I received an email with a question that I have heard many times in many forms over the years. The question is, Can you help me get beyond this very solid sense that I am this experiencer, the one who is caged in this body, and suffers? I wrote the following reply:

It sounds like you have been very successful on your own with your reading and meditation. And you have reached a point which I also have, and I think that many seekers have, beyond which the road is a little bit hazy. The point I'm talking about is just what you describe – that the experience of being the experiencer can't be shaken, except during meditation and other very still and clear times. In the normal experience of the world, there still seems to be this experiencer, and there still seem to be the ups and downs of life, or suffering. And "caged" is a word I can relate to as well.

I am not sure about the experience of the sages who say the experiencer is left behind. I can imagine there are some, like Ramana, who so disengaged from world activity that he was able to rest and abide in “I Am” all the time. And someone like Nisargadatta, also, since all he did was talk about “I Am” all day long to students. I can see where that kind of life could have one perpetually in a non-experience of a personal self, abiding in consciousness.
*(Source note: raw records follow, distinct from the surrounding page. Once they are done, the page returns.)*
//! Tests of a graph: its poles, its faces, and whether it is a planar st-graph, with evidence where it isn't.
//!
//! `poles` goes through four tests in their order, and names the first that fails: at least two vertices, no cycle, one
//! vertex without an edge in, one without an edge out. What each answer means stands in `specs/PolesAnswer.antt`.
//! `topological_order` lists the vertices and edges of a graph without a cycle (`specs/Topological.antt`).
//! `faces` numbers the faces of a map (`specs/FaceNumbers.antt`). `test` asks for Euler's formula and for both poles on
//! the outer face, and makes an `StGraph`, whose type keeps that it is a planar st-graph (`specs/Planar.antt`).
#![tactic(auto)]

mod cycle;
mod digraph_fault;
#[cfg(test)]
mod embedding_tests;
mod finding_poles;
mod graph;
pub mod laws;
mod orbits;
mod stripping;
mod topological;
mod tracing;
mod verdict;

pub use digraph_fault::{DigraphFault, Poles};
pub use finding_poles::poles;
pub use graph::StGraph;
pub use orbits::Faces;
pub use topological::{TopologicalOrder, order_arcs, topological_order};
pub use tracing::faces;
pub use verdict::{EmbedFault, outer_end, test, touches};

#[cfg(test)]
mod tests {
    use super::*;
    use st_ids::{Digraph, VertexId};
    use std::alloc::Global;
    use std::test::Fail;

    fn digraph(alloc: Global, n: u32, ends: &[(u32, u32)]) -> Result<Digraph, DigraphFault> {
        let mut graph = Digraph::new(alloc);
        if n < 100 {
            graph.add_vertices(n);
        }
        for (tail, head) in ends {
            if *tail < graph.vertices() && *head < graph.vertices() && graph.edges() < 100 {
                graph.add_edge(VertexId(*tail), VertexId(*head))?;
            }
        }
        Ok(graph)
    }

    fn told(alloc: Global, graph: &Digraph) -> Result<String, DigraphFault> {
        match poles(alloc, graph) {
            Ok(found) => {
                let text = format!(in alloc; "source {}, sink {}", found.source.0, found.sink.0)?;
                Ok(text)
            }
            Err(fault) => {
                let mut text = format!(in alloc; "{fault}")?;
                if let DigraphFault::Cycle { edges } = &fault {
                    for e in edges.items() {
                        text = format!(in alloc; "{text} {}", e.0)?;
                    }
                }
                Ok(text)
            }
        }
    }

    #[test]
    fn names_the_poles_or_the_first_fault(rt: HostRuntime) -> Result<(), Fail> {
        let alloc = rt.alloc();
        let rows: [(u32, &[(u32, u32)], &str); 12] = [
            (0, &[], "too few vertices: 0"),
            (1, &[(0, 0)], "too few vertices: 1"),
            (2, &[(0, 1), (0, 1)], "source 0, sink 1"),
            (4, &[(2, 1), (2, 3), (1, 0), (3, 0)], "source 2, sink 0"),
            (3, &[(0, 1), (1, 2), (2, 0)], "cycle of 3 edges 0 1 2"),
            (2, &[(0, 1), (1, 1)], "cycle of 1 edges 1"),
            (
                4,
                &[(2, 0), (3, 1), (1, 2), (2, 3)],
                "cycle of 3 edges 2 3 1",
            ),
            (3, &[(0, 1), (2, 1), (1, 2), (2, 1)], "cycle of 2 edges 2 1"),
            (4, &[(0, 1), (1, 0), (2, 3), (3, 2)], "cycle of 2 edges 0 1"),
            (4, &[(1, 2), (3, 2)], "3 sources, the first 0 and 1"),
            (3, &[(1, 0), (1, 2)], "2 sinks, the first 0 and 2"),
            (2, &[], "2 sources, the first 0 and 1"),
        ];
        for (n, ends, text) in rows {
            let graph = digraph(alloc, n, ends)?;
            assert_eq!(rt; told(alloc, &graph)?.as_str(), text);
        }
        Ok(())
    }

    fn ordered(alloc: Global, n: u32, ends: &[(u32, u32)]) -> Result<String, DigraphFault> {
        let graph = digraph(alloc, n, ends)?;
        poles(alloc, &graph)?;
        let order = topological_order(alloc, &graph)?;
        let mut text = String::new(alloc);
        for v in order.vertices() {
            text = format!(in alloc; "{text}{} ", v.0)?;
        }
        for e in order.edges() {
            text = format!(in alloc; "{text}:{}", e.0)?;
        }
        Ok(text)
    }

    #[test]
    fn orders_vertices_and_edges(rt: HostRuntime) -> Result<(), Fail> {
        let alloc = rt.alloc();
        let rows: [(u32, &[(u32, u32)], &str); 3] = [
            (4, &[(0, 1), (2, 0), (3, 2)], "3 2 0 1 :2:1:0"),
            (3, &[(1, 0), (2, 1)], "2 1 0 :1:0"),
            (2, &[(1, 0)], "1 0 :0"),
        ];
        for (n, ends, text) in rows {
            assert_eq!(rt; ordered(alloc, n, ends)?.as_str(), text);
        }
        Ok(())
    }
}
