//! The cycle that is named.
//!
//! The vertices that are left when no more can be taken away are those at which walks of any length end. Each has an
//! edge from another such vertex, so one can go back for ever, along the first such edge of each: first a way, then a
//! loop. The marks of the vertices that were passed are their places on the way, so the vertex that comes a second time
//! tells where the loop begins. Its edges are listed from its least vertex on, forwards.
ghost use Rattle.std.specs.Prelude.{◌≡◌, ◌+◌, ◌-◌, ◌<◌, ◌≤◌, ◌^◌, ℕ, true, false, length, slice_index, IfOk, IfSome, MatchOption, MatchResult};
ghost use Rattle.st_ids.specs.Graph.{AreWithin};
ghost use Rattle.st_test.specs.Poles.{graph_of};
ghost use Rattle.st_test.specs.Stripping.{IsStripped};
ghost use Rattle.st_test.specs.Cycle.{IsNamedCycle, IsLoop, back_list};
ghost use Rattle.st_test.specs.BackTables.{AreLeft, is_left, AreBacks, IsClosed, IsTrail, IsLeastPlace, wrapped, looped};

use crate::digraph_fault::DigraphFault;
use crate::stripping::Order;
use st_ids::{EdgeId, EdgeList, NoMemory};
use std::alloc::{AllocError, Global};

/// Which vertices are not in the order.
pub fn mark_left(alloc: Global, n: u32, order: &[u32]) -> Result<Vec<bool>, AllocError>
    requires { (k : ℕ) → k < length order.now → slice_index order.now k < n }
    ensures { IfOk result (λ v. AreLeft n order.now v.items) }
{
    let mut left = vec![in alloc; true; n as usize]?;
    for k in 0..order.len() {
        left[order[k] as usize] = false;
    }
    Ok(left)
}

/// The first vertex that is left.
pub fn find_first(n: u32, left: &[bool]) -> Option<u32>
    requires { length left.now ≡ n }
    ensures none { MatchOption result ((v : ℕ) → v < n → is_left left.now v ≡ false) (λ v. (v < n) × (is_left left.now v ≡ true)) }
    ensures first { IfSome result (λ v. (u : ℕ) → u < v → is_left left.now u ≡ false) }
{
    for v in 0..n {
        if left[v as usize] {
            return Some(v);
        }
    }
    None
}

/// For each vertex the first edge that comes to it from a vertex that is left.
#[tactic(auto, unfolding(st_ids::specs::Graph::tail_of, st_ids::specs::Graph::head_of))]
pub fn find_backs(
    alloc: Global,
    n: u32,
    ends: &[(u32, u32)],
    left: &[bool],
) -> Result<Vec<u32>, AllocError>
    requires within { AreWithin n ends.now }
    requires few { length ends.now < 2 ^ 30 }
    requires size { length left.now ≡ n }
    ensures { IfOk result (λ v. AreBacks n ends.now left.now (length ends.now) v.items) }
{
    let mut back = vec![in alloc; u32::MAX; n as usize]?;
    for e in 0..ends.len() {
        let (tail, head) = ends[e];
        if left[tail as usize] && back[head as usize] == u32::MAX {
            back[head as usize] = e as u32;
        }
    }
    Ok(back)
}

/// The vertices that are passed on the way back, and the place at which the last of the way came first.
#[derive(Drop)]
pub struct Trail {
    pub passed: Vec<u32>,
    pub first: u32,
}

/// Goes back until a vertex comes a second time.
#[tactic(auto, unfolding(st_ids::specs::Graph::tail_of, st_ids::specs::Graph::head_of))]
pub fn go_back(
    alloc: Global,
    n: u32,
    ends: &[(u32, u32)],
    left: &[bool],
    back: &[u32],
    start: u32,
) -> Result<Trail, AllocError>
    requires few { n < 2 ^ 30 }
    requires closed { IsClosed n ends.now left.now back.now }
    requires there { start < n }
    requires is_one { is_left left.now start ≡ true }
    ensures { IfOk result (λ t. IsTrail ends.now back.now start t.passed.items t.first) }
{
    let mut place = vec![in alloc; u32::MAX; n as usize]?;
    let mut passed = Vec::new(alloc);
    let mut v = start;
    while place[v as usize] == u32::MAX {
        place[v as usize] = passed.len() as u32;
        passed.push(v)?;
        v = ends[back[v as usize] as usize].0;
    }
    let first = place[v as usize];
    Ok(Trail { passed, first })
}

/// The place of the least vertex from a place on.
pub fn find_least(passed: &[u32], from: usize) -> usize
    requires { from < length passed.now }
    ensures { IsLeastPlace passed.now from result }
{
    let mut least = from;
    for k in from..passed.len() {
        if passed[k] < passed[least] {
            least = k;
        }
    }
    least
}

/// The place on a loop of `round` steps that ends before `end`.
fn wrap(k: usize, end: usize, round: usize) -> usize
    requires { round ≤ end }
    ensures value { result ≡ wrapped end round k }
    ensures below { k < end → result ≡ k }
    ensures above { end ≤ k → result + round ≡ k }
{
    if k < end { k } else { k - round }
}

/// The edges of the loop in their direction, from the vertex at the place `least` on.
pub fn list_loop(
    alloc: Global,
    passed: &[u32],
    back: &[u32],
    first: usize,
    least: usize,
) -> Result<EdgeList, NoMemory>
    requires there { IsLeastPlace passed.now first least }
    requires edges { (k : ℕ) → k < length passed.now → slice_index passed.now k < length back.now }
    requires few { length passed.now < 2 ^ 32 }
    ensures { IfOk result (λ es. es ≡ back_list (looped passed.now back.now first) least (length passed.now - first)) }
{
    let mut es = EdgeList::new(alloc);
    let round = passed.len() - first;
    let mut k = least + round;
    while k > least {
        k -= 1;
        let at = wrap(k, passed.len(), round);
        es.push(EdgeId(back[passed[at] as usize]))?;
    }
    Ok(es)
}

/// The cycle that is named, where a first vertex is left.
pub fn name_cycle(
    alloc: Global,
    n: u32,
    ends: &[(u32, u32)],
    order: &Order,
    left: &[bool],
    start: u32,
) -> Result<EdgeList, DigraphFault>
    requires within { AreWithin n ends.now }
    requires few { (n < 2 ^ 30) × (length ends.now < 2 ^ 30) }
    requires stripped { IsStripped n ends.now order.now.vertices.items order.now.edges.items }
    requires left { AreLeft n order.now.vertices.items left.now }
    requires there { start < n }
    requires is_one { is_left left.now start ≡ true }
    requires first { (u : ℕ) → u < start → is_left left.now u ≡ false }
    ensures { MatchResult result (λ es. IsNamedCycle (graph_of n ends.now) es × IsLoop (graph_of n ends.now) es) (λ e. e ≡ DigraphFault.NoMemory) }
{
    let back = find_backs(alloc, n, ends, left)?;
    let trail = go_back(alloc, n, ends, left, &back, start)?;
    let first = trail.first as usize;
    let least = find_least(&trail.passed, first);
    let es = list_loop(alloc, &trail.passed, &back, first, least)?;
    Ok(es)
}
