//! Entries that a text shows alike: a text has of a record that was undone neither bytes nor length, and nothing that is asked of an
//! entry but its records depends on those. Laws, with no code.
#![tactic(auto)]

pub mod law;
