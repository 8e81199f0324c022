ghost use Rattle.std.specs.Prelude.{◌≡◌, List, map};
ghost use Rattle.xc_data.specs.Faults.{entry_faults};
ghost use Rattle.xc_data.specs.declared.entry.Entry.{Entry};
ghost use Rattle.xc_model.specs.Asked.{ScriptJob, IsAskedEntry, after_jobs};
ghost use Rattle.xc_model.specs.Course.{Course, after_course};
ghost use Rattle.xc_model.specs.Machine.{machine_part};
ghost use Rattle.xc_print.specs.Totals.{is_committed, entry_remains, totals_of};
ghost use Rattle.xc_script.specs.declared.ask.Ask.{Ask};
ghost use Rattle.xc_shown.specs.Shown.{shown_of};
ghost use Rattle.xc_text.specs.declared.script.Script.{Script};
ghost use Rattle.xc_world.specs.World.{State};

/// Entries that a text shows alike lead to the same state of the plain machine and to the same jobs, and are grounded alike.
pub fn entries_shown_alike_lead_alike()
    ensures course { (e f : Entry) → shown_of e ≡ shown_of f → (c : Course) → after_course c e ≡ after_course c f }
    ensures part { (e f : Entry) → shown_of e ≡ shown_of f
        → (state : State) (last : Ask) → machine_part state last e ≡ machine_part state last f }
    ensures jobs { (e f : Entry) → shown_of e ≡ shown_of f
        → (script : Script) (jobs : List ScriptJob) → after_jobs script jobs e ≡ after_jobs script jobs f }
    ensures asked { (e f : Entry) → shown_of e ≡ shown_of f
        → (script : Script) (jobs : List ScriptJob) (last : Ask) → IsAskedEntry script jobs last e → IsAskedEntry script jobs last f }
{}

/// They count alike too, and so do journals that a text shows alike.
pub fn entries_shown_alike_count_alike()
    ensures faults { (e f : Entry) → shown_of e ≡ shown_of f → entry_faults e ≡ entry_faults f }
    ensures remains { (e f : Entry) → shown_of e ≡ shown_of f → entry_remains e ≡ entry_remains f }
    ensures commits { (e f : Entry) → shown_of e ≡ shown_of f → is_committed e ≡ is_committed f }
    ensures totals { (journal other : List Entry) → map shown_of journal ≡ map shown_of other → totals_of journal ≡ totals_of other }
{}
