// An entry goes to place `cnt` of one list unless its number stands among the first `cnt` entries there, on lists that are lent.
#![tactic(auto)]

ghost use Rattle.refp.specs.Copy.{copy};
ghost use Rattle.refp.specs.Answers.{copy_answer};
ghost use Rattle.copying.specs.Copying.{GivesCopy};

use def::{EvcRefP, REFP_PLACES, Refusal};
use entries::{head_of, put_lists, take_lists};
use keys::ROWS;

// The entry comes by value: of one behind a reference the proof would not know that its buffer number fits a byte.
pub fn check_copy_refp(
    refp: &mut [EvcRefP; REFP_PLACES],
    cnt: u64,
    lidx: u64,
    refp_src: EvcRefP,
) -> Result<(), Refusal>
    ensures { GivesCopy (copy refp.old cnt lidx refp_src) (copy_answer result) refp.new }
{
    let mut rows = [0; ROWS];
    take_lists(refp, &mut rows);
    let given = adding::copy_refp(
        &mut rows,
        cnt,
        lidx,
        head_of(refp_src),
        refp_src.poc,
        &refp_src.list_poc,
    );
    *refp = put_lists(&rows);
    given
}
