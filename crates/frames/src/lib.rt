// Frames of bytes, in which the programs of cases read what they are asked. Numbers are big-endian.
#![tactic(auto)]

ghost use Rattle.std.specs.Prelude.{◌≡◌, ◌↔◌, ℕ, List, ◌∷◌, ◌+◌, ◌*◌, ◌/◌, ◌<◌, ◌≤◌, length, take, drop, slice_index, MatchOption, IfSome, IsSome};
ghost use Rattle.std.specs.Int.{w16, w32, from_be_bytes};
ghost use Rattle.std.specs.Iterator.{at_most};

use arrayvec::ArrayVec;
use std::marker::{Model, PhantomData};

// How many bytes a page of frames has. No frame goes over its end.
pub const PAGE: usize = 65536;

// The most bytes that a program reads: 64 pages. Each `main` reads them itself, since no library asks for
// memory.
pub const INPUT: u64 = 64 * 65536;

// Words with their number before them in one byte.
pub type Words = ArrayVec<u32, 255>;

// The bytes of a page that are still to be read. Where there are too few, nothing is read.
#[derive(Drop)]
pub struct Reader<'a> {
    rest: &'a [u8],
}

impl<'a> Model for Reader<'a> {
    ghost Value = { List ℕ };

    ghost view = { λ r. r.rest.now };
}

impl<'a> Reader<'a> {
    pub fn new(bytes: &'a [u8]) -> Reader<'a>
        ensures { result ≡ bytes.now }
    {
        Reader { rest: bytes }
    }

    pub fn array<const N: usize>(&mut self) -> Option<[u8; N]>
        ensures read { MatchOption result (self.new ≡ self.old) (λ bytes. (bytes ≡ take N self.old) × (self.new ≡ drop N self.old)) }
        ensures enough { IsSome result ↔ (N ≤ length self.old) }
    {
        let (bytes, rest) = self.rest.split_first_chunk::<N>()?;
        self.rest = rest;
        Some(*bytes)
    }

    pub fn part(&mut self, n: usize) -> Option<&'a [u8]>
        ensures read { MatchOption result (self.new ≡ self.old) (λ bytes. (bytes.now ≡ take n self.old) × (self.new ≡ drop n self.old)) }
        ensures enough { IsSome result ↔ (n ≤ length self.old) }
    {
        let (bytes, rest) = self.rest.split_at_checked(n)?;
        self.rest = rest;
        Some(bytes)
    }

    pub fn byte(&mut self) -> Option<u8>
        ensures read { MatchOption result (self.new ≡ self.old) (λ n. self.old ≡ n ∷ self.new) }
        ensures enough { IsSome result ↔ (1 ≤ length self.old) }
    {
        let (byte, rest) = self.rest.split_first()?;
        self.rest = rest;
        Some(*byte)
    }

    pub fn short(&mut self) -> Option<u16>
        ensures read { MatchOption result (self.new ≡ self.old) (λ n. (n ≡ from_be_bytes w16 (take 2 self.old)) × (self.new ≡ drop 2 self.old)) }
        ensures enough { IsSome result ↔ (2 ≤ length self.old) }
    {
        Some(u16::from_be_bytes(self.array()?))
    }

    pub fn word(&mut self) -> Option<u32>
        ensures read { MatchOption result (self.new ≡ self.old) (λ n. (n ≡ from_be_bytes w32 (take 4 self.old)) × (self.new ≡ drop 4 self.old)) }
        ensures enough { IsSome result ↔ (4 ≤ length self.old) }
    {
        Some(u32::from_be_bytes(self.array()?))
    }

    // A number in one byte, and so many words. Where one is missing, those before it are gone.
    pub fn words(&mut self) -> Option<Words>
        ensures read { IfSome result (λ words. (length words.items ≡ slice_index self.old 0) × (self.new ≡ drop (1 + 4 * length words.items) self.old)) }
        ensures no_more { length self.new ≤ length self.old }
    {
        let mut words = Words::new();
        for _ in 0..self.byte()? {
            words.push(self.word()?);
        }
        Some(words)
    }

    // The same words, still lent.
    pub fn lent_words(&mut self) -> Option<LentWords<'a>>
        ensures read { IfSome result (λ words. (length words.bytes.now ≡ 4 * slice_index self.old 0) × (self.new ≡ drop (1 + length words.bytes.now) self.old)) }
        ensures no_more { length self.new ≤ length self.old }
    {
        let count = self.byte()?;
        let bytes = self.part(4 * usize::from(count))?;
        Some(LentWords { bytes })
    }
}

// Words that stand in a page, and are read where they are asked for: a frame that is handed on brings no copies.
#[derive(Clone, Copy)]
pub struct LentWords<'a> {
    bytes: &'a [u8],
    ghost few: { length bytes.now ≤ 1020 },
}

impl<'a> LentWords<'a> {
    pub fn len(&self) -> usize
        ensures { result ≡ length self.now.bytes.now / 4 }
    {
        self.bytes.len() / 4
    }

    pub fn read(&self) -> Words
        ensures { length result.items ≡ length self.now.bytes.now / 4 }
    {
        let mut words = Words::new();
        for i in 0..self.len() {
            let at = 4 * i;
            let four = [
                self.bytes[at],
                self.bytes[at + 1],
                self.bytes[at + 2],
                self.bytes[at + 3],
            ];
            words.push(u32::from_be_bytes(four));
        }
        words
    }
}

// What a program is asked by one frame.
pub trait Frame<'a>: Sized + Drop {
    // The frame that begins here; none where it is cut short or no frame begins so.
    fn read(page: &mut Reader<'a>) -> Option<Self>
        ensures { IfSome result (λ _. length page.new < length page.old) };
}

// The frames of a page, one after the other, up to what is none.
#[derive(Drop)]
pub struct Frames<'a, F> {
    page: Reader<'a>,
    kind: PhantomData<F>,
}

impl<'a, F: Frame<'a>> Frames<'a, F> {
    pub fn new(page: &'a [u8]) -> Frames<'a, F>
        ensures { result.page ≡ page.now }
    {
        Frames {
            page: Reader::new(page),
            kind: PhantomData,
        }
    }
}

impl<'a, F: Frame<'a>> Iterator for Frames<'a, F> {
    type Item = F;

    ghost remaining = { λ s. at_most (length s.page) };

    fn next(&mut self) -> Option<F> {
        F::read(&mut self.page)
    }
}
But for the rest of us, and that includes current and past teachers who write about their “non-personhood,” I think it’s not so perpetual. For instance, I can write about abiding in consciousness during a very clear time, and although the words are there forever, the experience of that passes. So people come along and read the words and assume I’m like that all the time. This is what we do with all the words of the teachers we read. I am not sure it’s a reasonable way to judge what’s really going on. These writings are not meant to deceive, but it’s just that something that seems permanent when written down is not really permanent in the long run.

My teacher (James Swartz) teaches that it is the knowledge “I am consciousness” that is the freedom. In other words,
moksha is not experience, but knowledge. There are problems with that model, I have come to find out. How can I have knowledge without an experience of that knowledge? Knowledge seems to be dependent on experience, so it seems that experience is still the bottom line. Swartz would argue that experience passes but knowledge does not. That just didn’t finally pass my test — there were times of great suffering during which I could not access that knowledge. If I can’t access it, what good is it?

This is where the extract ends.